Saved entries
· · · ·

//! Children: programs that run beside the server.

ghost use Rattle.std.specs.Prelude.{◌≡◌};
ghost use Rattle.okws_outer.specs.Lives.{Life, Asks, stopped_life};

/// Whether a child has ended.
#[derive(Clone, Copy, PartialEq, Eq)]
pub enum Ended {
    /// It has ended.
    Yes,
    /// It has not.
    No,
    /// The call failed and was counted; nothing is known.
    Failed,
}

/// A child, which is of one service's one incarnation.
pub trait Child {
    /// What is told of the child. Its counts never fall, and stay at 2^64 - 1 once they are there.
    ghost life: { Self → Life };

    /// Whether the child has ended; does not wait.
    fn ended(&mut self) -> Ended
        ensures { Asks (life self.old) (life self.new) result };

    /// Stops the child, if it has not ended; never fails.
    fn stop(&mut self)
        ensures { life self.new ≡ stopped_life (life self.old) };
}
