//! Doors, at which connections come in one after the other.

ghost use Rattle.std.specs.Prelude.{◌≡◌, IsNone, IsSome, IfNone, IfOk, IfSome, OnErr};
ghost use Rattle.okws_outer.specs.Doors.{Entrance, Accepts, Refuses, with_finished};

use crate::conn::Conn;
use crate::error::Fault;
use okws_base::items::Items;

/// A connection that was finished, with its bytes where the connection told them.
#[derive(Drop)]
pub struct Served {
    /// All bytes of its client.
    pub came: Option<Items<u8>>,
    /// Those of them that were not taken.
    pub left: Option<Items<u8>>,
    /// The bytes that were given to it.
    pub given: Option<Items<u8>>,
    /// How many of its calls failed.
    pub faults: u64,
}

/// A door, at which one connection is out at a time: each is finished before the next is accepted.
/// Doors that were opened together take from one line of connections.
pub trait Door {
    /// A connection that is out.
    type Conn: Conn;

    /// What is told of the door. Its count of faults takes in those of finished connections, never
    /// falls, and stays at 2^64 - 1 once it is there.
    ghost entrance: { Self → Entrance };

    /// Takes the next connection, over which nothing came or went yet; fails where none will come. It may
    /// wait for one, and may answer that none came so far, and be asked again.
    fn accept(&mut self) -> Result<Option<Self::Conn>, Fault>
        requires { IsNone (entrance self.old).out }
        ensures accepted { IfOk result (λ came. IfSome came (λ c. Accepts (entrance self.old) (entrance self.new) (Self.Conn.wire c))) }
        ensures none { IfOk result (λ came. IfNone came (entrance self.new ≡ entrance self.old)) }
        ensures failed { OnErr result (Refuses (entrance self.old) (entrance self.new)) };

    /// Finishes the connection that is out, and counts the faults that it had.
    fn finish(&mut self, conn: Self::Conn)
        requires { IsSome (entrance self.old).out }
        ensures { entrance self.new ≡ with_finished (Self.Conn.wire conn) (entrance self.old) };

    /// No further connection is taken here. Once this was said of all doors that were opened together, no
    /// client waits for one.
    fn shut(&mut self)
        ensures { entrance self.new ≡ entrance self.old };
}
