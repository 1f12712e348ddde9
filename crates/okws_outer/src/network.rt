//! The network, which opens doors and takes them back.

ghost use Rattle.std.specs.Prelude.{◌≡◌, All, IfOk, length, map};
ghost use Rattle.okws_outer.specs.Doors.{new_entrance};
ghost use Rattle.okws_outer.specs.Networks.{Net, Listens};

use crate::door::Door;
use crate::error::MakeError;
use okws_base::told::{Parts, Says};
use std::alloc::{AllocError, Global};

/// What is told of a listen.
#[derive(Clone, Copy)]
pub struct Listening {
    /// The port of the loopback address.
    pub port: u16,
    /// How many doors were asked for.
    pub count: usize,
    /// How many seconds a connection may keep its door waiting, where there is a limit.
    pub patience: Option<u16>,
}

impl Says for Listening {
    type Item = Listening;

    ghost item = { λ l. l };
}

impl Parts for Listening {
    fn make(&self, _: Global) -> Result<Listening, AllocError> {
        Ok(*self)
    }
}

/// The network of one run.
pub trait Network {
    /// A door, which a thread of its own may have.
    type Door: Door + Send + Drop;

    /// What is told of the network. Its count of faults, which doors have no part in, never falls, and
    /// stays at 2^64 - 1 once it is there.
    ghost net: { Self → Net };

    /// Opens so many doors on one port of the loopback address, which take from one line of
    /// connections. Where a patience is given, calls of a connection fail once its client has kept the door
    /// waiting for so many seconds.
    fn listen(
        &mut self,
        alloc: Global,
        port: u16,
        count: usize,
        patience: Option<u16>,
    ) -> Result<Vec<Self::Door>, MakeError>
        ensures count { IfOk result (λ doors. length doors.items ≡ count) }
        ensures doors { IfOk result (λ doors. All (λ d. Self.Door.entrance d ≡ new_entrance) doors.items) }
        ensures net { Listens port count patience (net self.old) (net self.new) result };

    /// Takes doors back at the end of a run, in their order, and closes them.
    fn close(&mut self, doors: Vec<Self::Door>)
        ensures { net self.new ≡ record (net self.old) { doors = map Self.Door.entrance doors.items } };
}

· · · ·

ABOUT THIS TASK:
For the entries above, give only the number of lines that contain the word "What".

SOLUTION TO THIS EXERCISE:
4